New York City
March 2003

Technology & Inclusion at Children’s Center
by Nancy Glass

The Children’s Center School, a division of Queens Centers for Progress, in Jamaica Queens, offers comprehensive educational and clinical services to children with special needs, from birth through twenty-one years of age. Students at the school present with a variety of disabilities, ranging from mild to profound. While many students are multiply-handicapped, the school also services “typically developing” youngsters who are often participants in inclusionary programs where children with and without disabilities share the same classrooms.

A special feature of the Center is its “Technology Team”. This team is comprised of physical, speech and occupational therapists, a computer teacher, carpenter, and an adaptive equipment specialist. The team meets weekly to assess students with physical disabilities who may profit from using technology to enhance their educational experience, and help them to achieve more independence.

The Technology Team might recommend augmentative communication devices (devices which allow nonverbal children to communicate), power wheelchairs, adapted computer keyboards, and a variety of access switches, which may be used to operate electronic toys, computers, and communication devices. These switches (for children with limited hand function and mobility) may be operated by the slightest movement by any part of the body of a more severely physically impaired child.

The Technology Team’s services do not end when the student leaves at the end of the day. Through the Home Equipment Project, families receive evaluations in the home setting to determine their need for special equipment and simple home modifications which will assist them with daily care and improve their child’s independence. The Children’s Center provides, often free of charge, items not funded through any other source.
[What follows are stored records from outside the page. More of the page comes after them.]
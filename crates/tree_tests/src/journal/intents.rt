//! The answers to the questions `recover`, `cuts` and `change`: recoveries of given files, also of
//! files that no change of `apk` leaves; journal entries (intents) that are cut off; and changes
//! that are stopped after some calls. The rules are in `docs/crash-safety.md`, "Recovery", the
//! table of what a recovery finds.
use crate::journal::changing::{add_reached, change_named, run_change};
use crate::tree_words::{add_count, add_tree, long_at, put, text_of, tree_of};
use base_core::Words;
use journal_recovery::{RecoverFault, recover};
use row_lines::{Answer, word_at};
use std::alloc::{AllocError, Global};

/// The name of the journal entry (intent).
const INTENT: &[u8] = b"lib/apk/intent";

/// Answers `recover (NAME BYTES)..`: recovers a tree with these files twice. Adds the result of
/// each recovery, each with the number of calls that have written so far; between both it adds the
/// files after the first recovery. The second recovery has nothing to do.
pub(crate) fn add_recovery(
    alloc: Global,
    words: &Words,
    answer: &mut Answer,
) -> Result<(), AllocError> {
    // The files begin after the word `recover`.
    let mut tree = tree_of(alloc, words, 1)?;
    add_result(answer, recover(alloc, &mut tree));
    add_count(answer, b"writes", tree.writes());
    add_tree(alloc, &tree, answer)?;
    answer.add_word(b"again");
    add_result(answer, recover(alloc, &mut tree));
    add_count(answer, b"writes", tree.writes());
    Ok(())
}

/// Adds the word by which answers name the result of a recovery.
fn add_result(answer: &mut Answer, found: Result<(), RecoverFault>) {
    answer.add_word(match found {
        Ok(()) => b"ok",
        Err(RecoverFault::IntentBad(_)) => b"bad",
        Err(RecoverFault::Disk) => b"disk",
        Err(RecoverFault::Memory) => b"memory",
    })
}

/// Answers `cuts INTENT (NAME BYTES)..`: cuts the bytes of the journal entry INTENT to each shorter
/// length. Adds how many lengths there are, and at how many of them a recovery of the files with
/// the cut entry refuses it and writes nothing.
pub(crate) fn add_cuts(
    alloc: Global,
    words: &Words,
    answer: &mut Answer,
) -> Result<(), AllocError> {
    let intent = word_at(words, 1);
    let mut refused: u64 = 0;
    for len in 0..intent.len() {
        if is_cut_refused(alloc, words, &intent[..len])? {
            refused = refused.saturating_add(1);
        }
    }
    add_count(answer, b"cuts", intent.len() as u64);
    add_count(answer, b"refused", refused);
    Ok(())
}

/// Whether a recovery of the row's files, with `intent` as the file of the journal entry, refuses
/// the entry and leaves all files as they are.
fn is_cut_refused(alloc: Global, words: &Words, intent: &[u8]) -> Result<bool, AllocError> {
    // The files begin after the words `cuts` and INTENT.
    let mut tree = tree_of(alloc, words, 2)?;
    put(alloc, &mut tree, INTENT, intent)?;
    let before = text_of(alloc, &tree)?;
    let refused = matches!(recover(alloc, &mut tree), Err(RecoverFault::IntentBad(_)));
    let after = text_of(alloc, &tree)?;
    Ok(refused && tree.writes() == 0 && before == after)
}

/// Answers `change CHANGE CALLS (NAME BYTES)..`: makes the change on a tree with these files, which
/// stops after CALLS calls. Adds how far the change came, how many calls wrote, how many maps of
/// names a crash may leave, and the files of the tree.
pub(crate) fn add_change(
    alloc: Global,
    words: &Words,
    answer: &mut Answer,
) -> Result<(), AllocError> {
    let Some(change) = change_named(word_at(words, 1)) else {
        answer.push(b"no change");
        return Ok(());
    };
    // The files begin after the words `change`, CHANGE and CALLS.
    let mut tree = tree_of(alloc, words, 3)?;
    // Each call after the first CALLS calls fails.
    tree.stop_after(long_at(words, 2));
    add_reached(answer, run_change(alloc, change, &mut tree));
    add_count(answer, b"writes", tree.writes());
    add_count(answer, b"maps", tree.maps());
    add_tree(alloc, &tree, answer)
}
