//! Reads the words from left to right: up to the applet, and then options, their values and
//! operands. The rules are in `docs/commands.md`, "Words". Each function is the definition of its
//! name in `specs/Grammar.antt`, or the one that its contract cites.
ghost use Rattle.std.specs.Prelude.{◌≡◌, ◌+◌, ◌-◌, ◌++◌, ◌≤◌, ◌<◌, Some, None, IfOk, IsTrue, OnOk, length, drop, take, not};
ghost use Rattle.std.specs.Option.{option_map};
ghost use Rattle.command_core.specs.Applets.{required_option_letter};
ghost use Rattle.command_core.specs.Flags.{no_flags};
ghost use Rattle.command_core.specs.Values.{is_required_value_missing};
ghost use Rattle.words_core.specs.Grammar.{applet_site, flags_with_options_before_applet, option_state_at_start, is_option_or_double_dash, is_option_or_value, start_of_command_line, words_as_operands_from_place, reading_of_words_from_place, reading_of_rest_of_command_words, words_reading_from_parts, reading_at_end_of_words, applet_site_of_word, applet_site_after_double_dash, with_flags_if_some, flags_with_meaning_if_one_command_kind, state_with_meaning, with_value_option, with_option_word, with_option_value, with_option_or_value_word};
ghost use Rattle.words_core.specs.Options.{options_of};
ghost use Rattle.words_core.specs.Steps.{IsReadingStep};

use crate::options::{
    Meaning, applet_of, flags_with_option_word_if_one_command_kind,
    is_option_word_that_may_precede_applet, option_of_word,
};
use crate::word::{
    MOST_PLACES, is_double_dash, is_option_or_double_dash, option_word_without_value,
    place_after_word, value_in_long_or_short_option_word,
};
use base_core::Words;
use command_core::{Applet, Flags, Operands, ValueRule, Values};
use std::alloc::{AllocError, Global};

// ---- up to the applet

/// The applet that a command line names, and where its word is.
#[derive(Clone, Copy)]
pub(crate) struct AppletSite {
    /// The applet.
    pub applet: Applet,
    /// Whether `--` precedes the applet's word, so that no options follow.
    pub ended: bool,
    /// How many words are read: those before the applet's word, and this word.
    pub read: usize,
}

/// The applet that a command line names, where its word is, and the flags before this word.
#[derive(Clone, Copy)]
pub(crate) struct Start {
    /// The applet.
    pub applet: Applet,
    /// The flags before the applet's word.
    pub flags: Flags,
    /// Whether `--` precedes the applet's word, so that no options follow.
    pub ended: bool,
    /// How many words are read: those before the applet's word, and this word.
    pub read: usize,
}

/// Reads the words up to the applet. An error is the place of the first wrong word.
pub(crate) fn read_start(words: &Words) -> Result<Start, u32>
    ensures { result ≡ start_of_command_line words.now }
{
    let site = find_applet(words)?;
    let flags = read_early(words, &site)?;
    Ok(Start {
        applet: site.applet,
        flags,
        ended: site.ended,
        read: site.read,
    })
}

/// Looks for the word of the applet, which only some options and `--` may precede. An error is the
/// place of the first wrong word.
pub(crate) fn find_applet(words: &Words) -> Result<AppletSite, u32>
    ensures site { result ≡ applet_site 1 words.now }
    // There are fewer words than places, so that the place after the last word is a number too.
    ensures few { length words.now < MOST_PLACES }
{
    for i in 0..words.len() {
        let word = words.word(i);
        if is_double_dash(word) {
            return applet_after_end(words, i + 1);
        }
        if !is_option_or_double_dash(word) {
            // The first word that is no option must name the applet.
            return applet_at(word, false, i);
        }
        if !is_option_word_that_may_precede_applet(word) {
            return Err(place_after_word(i));
        }
    }
    Err(place_after_word(words.len()))
}

// The site of the applet that the first word after `--` names. The first `before` words end with
// `--`.
#[tactic(auto, unfolding(crate::specs::Grammar::applet_site_after_double_dash), using(crate::proofs::OneMore::left_at))]
fn applet_after_end(words: &Words, before: usize) -> Result<AppletSite, u32>
    requires { before ≤ length words.now }
    ensures { result ≡ applet_site_after_double_dash (before + 1) (drop before words.now) }
{
    if before == words.len() {
        return Err(place_after_word(before));
    }
    applet_at(words.word(before), true, before)
}

// The site of the applet that a word names. `before` words precede it, and `ended` says whether
// `--` is among them. An error is the place of the word.
#[tactic(auto, unfolding(crate::specs::Grammar::applet_site_of_word))]
fn applet_at(word: &[u8], ended: bool, before: usize) -> Result<AppletSite, u32>
    requires { before < MOST_PLACES }
    ensures { result ≡ applet_site_of_word ended (before + 1) word.now }
{
    match applet_of(word) {
        Some(applet) => Ok(AppletSite {
            applet,
            ended,
            read: before + 1,
        }),
        None => Err(place_after_word(before)),
    }
}

// The flags of the words before the applet, up to `--`. An error is the place of the first such
// word that is no option of this applet, or one that takes a value.
fn read_early(words: &Words, site: &AppletSite) -> Result<Flags, u32>
    // The applet's word is among the words that are read.
    requires low { 1 ≤ site.now.read }
    requires high { site.now.read ≤ length words.now }
    // The place after the last word is a number of 32 bits.
    requires few { length words.now < MOST_PLACES }
    ensures { result
        ≡ flags_with_options_before_applet (options_of site.now.applet) no_flags 1 (take
        (site.now.read - 1) words.now) }
{
    let mut flags = Flags::none();
    for i in 0..site.read - 1 {
        let word = words.word(i);
        if is_double_dash(word) {
            return Ok(flags);
        }
        // The word must be an option of this applet that takes no value.
        match flags_with_option_word_if_one_command_kind(flags, option_of_word(site.applet, word)) {
            Some(more) => flags = more,
            None => return Err(place_after_word(i)),
        }
    }
    Ok(flags)
}

// ---- after the applet

/// The effect of the options that are read.
#[derive(Drop)]
pub(crate) struct OptionState {
    /// The flags that are read, those before the applet among them.
    pub flags: Flags,
    /// The values of options that are read.
    pub values: Values,
    /// The rule of the option whose value must be the next word, if there is such an option.
    pub awaiting: Option<ValueRule>,
}

impl OptionState {
    // The state after the applet: the flags before it, and no values.
    fn new(alloc: Global, flags: Flags) -> OptionState
        ensures { result ≡ option_state_at_start flags }
    {
        OptionState {
            flags,
            values: Values::new(alloc),
            awaiting: None,
        }
    }

    // Whether a word is read as an option or as a value: it is an option, or an option awaits its
    // value.
    fn expects(&self, word: &[u8]) -> bool
        ensures { result ≡ is_option_or_value self.now word.now }
    {
        self.awaiting.is_some() || (is_option_or_double_dash(word) && !is_double_dash(word))
    }

    // Reads the word at a place: the awaited value, or an option. Returns false if the word cannot
    // be read, and then nothing changes.
    fn read_word(&mut self, applet: Applet, place: u32, word: &[u8]) -> Result<bool, AllocError>
        requires { IsTrue (is_option_or_value self.old word.now) }
        ensures { IfOk result (λ good. IsReadingStep good self.old self.new
            (with_option_or_value_word
            (options_of applet) self.old place word.now)) }
    {
        match self.awaiting {
            Some(rule) => self.read_value(place, word, rule),
            None => self.read_option(applet, place, word),
        }
    }

    /// Whether the option that an applet requires was given; true if it requires none.
    pub(crate) fn has_needed(&self, applet: Applet) -> bool
        ensures { result ≡ not (is_required_value_missing
            (required_option_letter applet) self.now.values) }
    {
        match applet.required_option_letter() {
            Some(letter) => self.values.is_given(letter),
            None => true,
        }
    }

    // Reads the option that the word at a place is. Returns false if it cannot be read, and then
    // nothing changes.
    fn read_option(&mut self, applet: Applet, place: u32, word: &[u8]) -> Result<bool, AllocError>
        requires { IsTrue (is_option_or_double_dash word.now) }
        ensures { IfOk result (λ good. IsReadingStep good self.old self.new (with_option_word
            (options_of applet) self.old place word.now)) }
    {
        match option_of_word(applet, option_word_without_value(word)) {
            Some(option) => self.read_meaning(
                place,
                value_in_long_or_short_option_word(word),
                option.meaning,
            ),
            None => Ok(false),
        }
    }

    // Reads an option with this meaning, whose word holds the value `held` or none. Returns false
    // if it may not be given so, and then nothing changes.
    fn read_meaning(
        &mut self,
        place: u32,
        held: Option<&[u8]>,
        meaning: Meaning,
    ) -> Result<bool, AllocError>
        ensures { IfOk result (λ good. IsReadingStep good self.old self.new
            (state_with_meaning self.old place (option_map
            (λ text. text.now) held.entry) meaning)) }
    {
        match meaning {
            Meaning::Value(rule) => self.read_rule(place, held, rule),
            // A flag takes no value.
            Meaning::Flag(_) | Meaning::Kind(_) if held.is_some() => Ok(false),
            Meaning::Flag(_) | Meaning::Kind(_) => Ok(self.read_flag(meaning)),
        }
    }

    // Reads an option without a value. Returns false, and changes nothing, if it selects a kind of
    // the command and an earlier option has selected another kind.
    fn read_flag(&mut self, meaning: Meaning) -> bool
        ensures { IsReadingStep result self.old self.new (with_flags_if_some self.old
            (flags_with_meaning_if_one_command_kind self.old.flags meaning)) }
    {
        match meaning.with(self.flags) {
            Some(flags) => {
                self.flags = flags;
                true
            }
            None => false,
        }
    }

    // Reads an option that has values, whose word holds the value `held` or none. Returns false,
    // and changes nothing, if it may not be given again, or does not have that value.
    fn read_rule(
        &mut self,
        place: u32,
        held: Option<&[u8]>,
        rule: ValueRule,
    ) -> Result<bool, AllocError>
        ensures { IfOk result (λ good. IsReadingStep good self.old self.new
            (with_value_option self.old place (option_map (λ text. text.now) held.entry) rule)) }
    {
        if self.values.are_spent(rule) {
            return Ok(false);
        }
        match held {
            Some(text) => self.read_value(place, text, rule),
            None => {
                // The next word must be the value.
                self.awaiting = Some(rule);
                Ok(true)
            }
        }
    }

    // Reads a text as a value of the option with this rule. Returns false, and changes nothing, if
    // it is not of the right kind, or an earlier value excludes it.
    fn read_value(&mut self, place: u32, text: &[u8], rule: ValueRule) -> Result<bool, AllocError>
        ensures { IfOk result (λ good. IsReadingStep good self.old self.new
            (with_option_value self.old place text.now rule)) }
    {
        if !rule.kind.has(text) {
            return Ok(false);
        }
        // For example, a script of this type was given before.
        if self.values.exclude(rule, text) {
            return Ok(false);
        }
        self.values.push(place, rule.letter, text)?;
        self.awaiting = None;
        Ok(true)
    }
}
The school maintains an Adapted Toy Lending Library of devices to lend to families for short term home use. When a child tires of a toy, parents may send the item back and receive a different toy. The colorful and appealing toys allow for active play and reinforcement of skills learned at school.

While technology greatly enhances the learning opportunities for the students with physical disabilities, it allows for wonderful interactions with the typically developing children who attend the school. These children are used to friends and classmates in power wheelchairs zipping by in the halls. They think nothing of “conversing” with a learning partner who may use synthesized speech to respond. At the Queens Centers for Progress, technology gives new meaning to the concept of inclusion.#

Nancy Glass is the Director of the Children’s Center School.